## Assigned task
Output every record word for word.

## Data for the task
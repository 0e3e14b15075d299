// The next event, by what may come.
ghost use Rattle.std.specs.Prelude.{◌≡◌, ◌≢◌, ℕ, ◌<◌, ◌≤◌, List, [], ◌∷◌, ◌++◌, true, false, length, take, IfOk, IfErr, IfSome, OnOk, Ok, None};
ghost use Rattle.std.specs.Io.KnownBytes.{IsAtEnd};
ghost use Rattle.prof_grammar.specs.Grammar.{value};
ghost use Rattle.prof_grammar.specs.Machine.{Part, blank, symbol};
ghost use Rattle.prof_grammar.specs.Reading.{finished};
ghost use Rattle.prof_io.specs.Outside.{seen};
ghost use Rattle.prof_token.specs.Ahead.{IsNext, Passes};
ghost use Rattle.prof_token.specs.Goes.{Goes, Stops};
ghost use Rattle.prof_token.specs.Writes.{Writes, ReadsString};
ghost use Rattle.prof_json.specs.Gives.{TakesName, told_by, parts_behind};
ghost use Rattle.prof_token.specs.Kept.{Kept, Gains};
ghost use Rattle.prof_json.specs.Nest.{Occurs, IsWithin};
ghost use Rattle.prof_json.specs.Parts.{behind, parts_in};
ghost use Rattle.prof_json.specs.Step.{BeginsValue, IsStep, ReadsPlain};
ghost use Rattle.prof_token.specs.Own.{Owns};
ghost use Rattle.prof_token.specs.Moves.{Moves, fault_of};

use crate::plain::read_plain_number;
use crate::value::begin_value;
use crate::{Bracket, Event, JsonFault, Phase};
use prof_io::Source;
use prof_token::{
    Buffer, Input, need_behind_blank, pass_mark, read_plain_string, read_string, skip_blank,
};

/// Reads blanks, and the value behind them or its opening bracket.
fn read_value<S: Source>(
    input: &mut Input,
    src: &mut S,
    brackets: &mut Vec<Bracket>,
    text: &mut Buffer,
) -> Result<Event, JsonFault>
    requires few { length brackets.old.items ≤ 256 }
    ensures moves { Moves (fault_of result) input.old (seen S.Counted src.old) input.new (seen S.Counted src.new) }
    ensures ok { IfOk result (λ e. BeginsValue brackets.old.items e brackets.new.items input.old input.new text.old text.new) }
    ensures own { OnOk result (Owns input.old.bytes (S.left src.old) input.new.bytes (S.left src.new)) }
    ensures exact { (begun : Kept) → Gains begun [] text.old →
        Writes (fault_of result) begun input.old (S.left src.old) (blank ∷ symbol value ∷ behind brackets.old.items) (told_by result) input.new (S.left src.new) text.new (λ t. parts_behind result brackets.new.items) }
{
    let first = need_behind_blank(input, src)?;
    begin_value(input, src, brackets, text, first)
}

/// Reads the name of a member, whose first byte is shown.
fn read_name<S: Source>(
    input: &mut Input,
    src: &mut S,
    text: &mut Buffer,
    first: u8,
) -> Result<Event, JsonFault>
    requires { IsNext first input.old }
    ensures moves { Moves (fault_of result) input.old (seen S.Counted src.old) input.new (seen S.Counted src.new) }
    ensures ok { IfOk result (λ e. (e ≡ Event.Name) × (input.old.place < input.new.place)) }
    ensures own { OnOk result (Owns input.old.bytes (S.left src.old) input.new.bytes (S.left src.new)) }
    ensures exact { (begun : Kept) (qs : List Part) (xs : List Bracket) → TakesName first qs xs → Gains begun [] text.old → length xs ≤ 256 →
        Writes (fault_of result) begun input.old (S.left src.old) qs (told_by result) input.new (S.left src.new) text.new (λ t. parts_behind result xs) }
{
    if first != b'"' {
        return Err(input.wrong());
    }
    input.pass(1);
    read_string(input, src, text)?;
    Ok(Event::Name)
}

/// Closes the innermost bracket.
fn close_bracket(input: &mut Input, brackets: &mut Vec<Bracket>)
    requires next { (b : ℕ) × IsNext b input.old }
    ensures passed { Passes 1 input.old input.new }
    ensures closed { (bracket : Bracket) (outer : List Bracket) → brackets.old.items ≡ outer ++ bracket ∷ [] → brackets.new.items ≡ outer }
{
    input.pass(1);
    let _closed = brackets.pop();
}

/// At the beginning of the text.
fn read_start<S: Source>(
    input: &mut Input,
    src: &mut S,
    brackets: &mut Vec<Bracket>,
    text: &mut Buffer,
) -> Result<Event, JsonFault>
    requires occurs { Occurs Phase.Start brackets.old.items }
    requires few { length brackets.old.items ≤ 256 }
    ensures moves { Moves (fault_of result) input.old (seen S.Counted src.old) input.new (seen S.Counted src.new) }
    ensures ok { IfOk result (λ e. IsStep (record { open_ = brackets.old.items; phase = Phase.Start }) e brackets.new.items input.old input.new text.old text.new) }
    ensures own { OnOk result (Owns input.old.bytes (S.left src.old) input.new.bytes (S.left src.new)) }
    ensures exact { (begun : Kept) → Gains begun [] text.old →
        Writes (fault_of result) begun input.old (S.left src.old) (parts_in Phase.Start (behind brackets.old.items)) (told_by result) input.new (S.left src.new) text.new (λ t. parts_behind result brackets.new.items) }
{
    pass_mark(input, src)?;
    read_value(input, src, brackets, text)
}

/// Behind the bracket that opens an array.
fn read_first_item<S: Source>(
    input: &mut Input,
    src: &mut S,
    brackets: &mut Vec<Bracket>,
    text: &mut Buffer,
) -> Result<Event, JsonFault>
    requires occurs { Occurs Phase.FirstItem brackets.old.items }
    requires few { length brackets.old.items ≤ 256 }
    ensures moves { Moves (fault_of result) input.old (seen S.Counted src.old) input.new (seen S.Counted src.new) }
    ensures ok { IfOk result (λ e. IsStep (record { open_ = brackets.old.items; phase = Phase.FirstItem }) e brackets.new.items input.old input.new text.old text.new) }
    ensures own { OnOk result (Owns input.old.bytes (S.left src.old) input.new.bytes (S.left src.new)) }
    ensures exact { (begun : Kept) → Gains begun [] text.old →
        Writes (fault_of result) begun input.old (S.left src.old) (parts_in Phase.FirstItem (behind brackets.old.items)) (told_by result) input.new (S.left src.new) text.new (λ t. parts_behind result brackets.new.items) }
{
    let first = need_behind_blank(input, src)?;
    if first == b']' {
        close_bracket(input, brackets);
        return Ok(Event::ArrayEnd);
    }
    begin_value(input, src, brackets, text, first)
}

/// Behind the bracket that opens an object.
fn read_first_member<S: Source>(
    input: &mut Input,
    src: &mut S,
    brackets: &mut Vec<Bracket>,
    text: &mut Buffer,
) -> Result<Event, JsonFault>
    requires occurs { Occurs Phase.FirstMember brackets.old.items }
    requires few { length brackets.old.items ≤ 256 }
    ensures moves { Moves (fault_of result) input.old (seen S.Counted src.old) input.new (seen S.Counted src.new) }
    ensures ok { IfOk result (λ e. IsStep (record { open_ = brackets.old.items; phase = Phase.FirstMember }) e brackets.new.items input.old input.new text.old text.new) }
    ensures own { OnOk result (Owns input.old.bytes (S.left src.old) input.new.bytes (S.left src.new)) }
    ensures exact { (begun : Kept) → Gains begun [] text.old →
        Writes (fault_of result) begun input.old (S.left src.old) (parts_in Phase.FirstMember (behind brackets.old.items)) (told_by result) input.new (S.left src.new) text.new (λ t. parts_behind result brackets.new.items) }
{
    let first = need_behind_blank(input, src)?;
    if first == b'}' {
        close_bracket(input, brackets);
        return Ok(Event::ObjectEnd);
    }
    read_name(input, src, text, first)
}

## Solved problem
repository 0e3e14b15075d299
// The next event, by what may come.
ghost use Rattle.std.specs.Prelude.{◌≡◌, ◌≢◌, ℕ, ◌<◌, ◌≤◌, List, [], ◌∷◌, ◌++◌, true, false, length, take, IfOk, IfErr, IfSome, OnOk, Ok, None};
ghost use Rattle.std.specs.Io.KnownBytes.{IsAtEnd};
ghost use Rattle.prof_grammar.specs.Grammar.{value};
ghost use Rattle.prof_grammar.specs.Machine.{Part, blank, symbol};
ghost use Rattle.prof_grammar.specs.Reading.{finished};
ghost use Rattle.prof_io.specs.Outside.{seen};
ghost use Rattle.prof_token.specs.Ahead.{IsNext, Passes};
ghost use Rattle.prof_token.specs.Goes.{Goes, Stops};
ghost use Rattle.prof_token.specs.Writes.{Writes, ReadsString};
ghost use Rattle.prof_json.specs.Gives.{TakesName, told_by, parts_behind};
ghost use Rattle.prof_token.specs.Kept.{Kept, Gains};
ghost use Rattle.prof_json.specs.Nest.{Occurs, IsWithin};
ghost use Rattle.prof_json.specs.Parts.{behind, parts_in};
ghost use Rattle.prof_json.specs.Step.{BeginsValue, IsStep, ReadsPlain};
ghost use Rattle.prof_token.specs.Own.{Owns};
ghost use Rattle.prof_token.specs.Moves.{Moves, fault_of};

use crate::plain::read_plain_number;
use crate::value::begin_value;
use crate::{Bracket, Event, JsonFault, Phase};
use prof_io::Source;
use prof_token::{
    Buffer, Input, need_behind_blank, pass_mark, read_plain_string, read_string, skip_blank,
};

/// Reads blanks, and the value behind them or its opening bracket.
fn read_value<S: Source>(
    input: &mut Input,
    src: &mut S,
    brackets: &mut Vec<Bracket>,
    text: &mut Buffer,
) -> Result<Event, JsonFault>
    requires few { length brackets.old.items ≤ 256 }
    ensures moves { Moves (fault_of result) input.old (seen S.Counted src.old) input.new (seen S.Counted src.new) }
    ensures ok { IfOk result (λ e. BeginsValue brackets.old.items e brackets.new.items input.old input.new text.old text.new) }
    ensures own { OnOk result (Owns input.old.bytes (S.left src.old) input.new.bytes (S.left src.new)) }
    ensures exact { (begun : Kept) → Gains begun [] text.old →
        Writes (fault_of result) begun input.old (S.left src.old) (blank ∷ symbol value ∷ behind brackets.old.items) (told_by result) input.new (S.left src.new) text.new (λ t. parts_behind result brackets.new.items) }
{
    let first = need_behind_blank(input, src)?;
    begin_value(input, src, brackets, text, first)
}

/// Reads the name of a member, whose first byte is shown.
fn read_name<S: Source>(
    input: &mut Input,
    src: &mut S,
    text: &mut Buffer,
    first: u8,
) -> Result<Event, JsonFault>
    requires { IsNext first input.old }
    ensures moves { Moves (fault_of result) input.old (seen S.Counted src.old) input.new (seen S.Counted src.new) }
    ensures ok { IfOk result (λ e. (e ≡ Event.Name) × (input.old.place < input.new.place)) }
    ensures own { OnOk result (Owns input.old.bytes (S.left src.old) input.new.bytes (S.left src.new)) }
    ensures exact { (begun : Kept) (qs : List Part) (xs : List Bracket) → TakesName first qs xs → Gains begun [] text.old → length xs ≤ 256 →
        Writes (fault_of result) begun input.old (S.left src.old) qs (told_by result) input.new (S.left src.new) text.new (λ t. parts_behind result xs) }
{
    if first != b'"' {
        return Err(input.wrong());
    }
    input.pass(1);
    read_string(input, src, text)?;
    Ok(Event::Name)
}

/// Closes the innermost bracket.
fn close_bracket(input: &mut Input, brackets: &mut Vec<Bracket>)
    requires next { (b : ℕ) × IsNext b input.old }
    ensures passed { Passes 1 input.old input.new }
    ensures closed { (bracket : Bracket) (outer : List Bracket) → brackets.old.items ≡ outer ++ bracket ∷ [] → brackets.new.items ≡ outer }
{
    input.pass(1);
    let _closed = brackets.pop();
}

/// At the beginning of the text.
fn read_start<S: Source>(
    input: &mut Input,
    src: &mut S,
    brackets: &mut Vec<Bracket>,
    text: &mut Buffer,
) -> Result<Event, JsonFault>
    requires occurs { Occurs Phase.Start brackets.old.items }
    requires few { length brackets.old.items ≤ 256 }
    ensures moves { Moves (fault_of result) input.old (seen S.Counted src.old) input.new (seen S.Counted src.new) }
    ensures ok { IfOk result (λ e. IsStep (record { open_ = brackets.old.items; phase = Phase.Start }) e brackets.new.items input.old input.new text.old text.new) }
    ensures own { OnOk result (Owns input.old.bytes (S.left src.old) input.new.bytes (S.left src.new)) }
    ensures exact { (begun : Kept) → Gains begun [] text.old →
        Writes (fault_of result) begun input.old (S.left src.old) (parts_in Phase.Start (behind brackets.old.items)) (told_by result) input.new (S.left src.new) text.new (λ t. parts_behind result brackets.new.items) }
{
    pass_mark(input, src)?;
    read_value(input, src, brackets, text)
}

/// Behind the bracket that opens an array.
fn read_first_item<S: Source>(
    input: &mut Input,
    src: &mut S,
    brackets: &mut Vec<Bracket>,
    text: &mut Buffer,
) -> Result<Event, JsonFault>
    requires occurs { Occurs Phase.FirstItem brackets.old.items }
    requires few { length brackets.old.items ≤ 256 }
    ensures moves { Moves (fault_of result) input.old (seen S.Counted src.old) input.new (seen S.Counted src.new) }
    ensures ok { IfOk result (λ e. IsStep (record { open_ = brackets.old.items; phase = Phase.FirstItem }) e brackets.new.items input.old input.new text.old text.new) }
    ensures own { OnOk result (Owns input.old.bytes (S.left src.old) input.new.bytes (S.left src.new)) }
    ensures exact { (begun : Kept) → Gains begun [] text.old →
        Writes (fault_of result) begun input.old (S.left src.old) (parts_in Phase.FirstItem (behind brackets.old.items)) (told_by result) input.new (S.left src.new) text.new (λ t. parts_behind result brackets.new.items) }
{
    let first = need_behind_blank(input, src)?;
    if first == b']' {
        close_bracket(input, brackets);
        return Ok(Event::ArrayEnd);
    }
    begin_value(input, src, brackets, text, first)
}

/// Behind the bracket that opens an object.
fn read_first_member<S: Source>(
    input: &mut Input,
    src: &mut S,
    brackets: &mut Vec<Bracket>,
    text: &mut Buffer,
) -> Result<Event, JsonFault>
    requires occurs { Occurs Phase.FirstMember brackets.old.items }
    requires few { length brackets.old.items ≤ 256 }
    ensures moves { Moves (fault_of result) input.old (seen S.Counted src.old) input.new (seen S.Counted src.new) }
    ensures ok { IfOk result (λ e. IsStep (record { open_ = brackets.old.items; phase = Phase.FirstMember }) e brackets.new.items input.old input.new text.old text.new) }
    ensures own { OnOk result (Owns input.old.bytes (S.left src.old) input.new.bytes (S.left src.new)) }
    ensures exact { (begun : Kept) → Gains begun [] text.old →
        Writes (fault_of result) begun input.old (S.left src.old) (parts_in Phase.FirstMember (behind brackets.old.items)) (told_by result) input.new (S.left src.new) text.new (λ t. parts_behind result brackets.new.items) }
{
    let first = need_behind_blank(input, src)?;
    if first == b'}' {
        close_bracket(input, brackets);
        return Ok(Event::ObjectEnd);
    }
    read_name(input, src, text, first)
}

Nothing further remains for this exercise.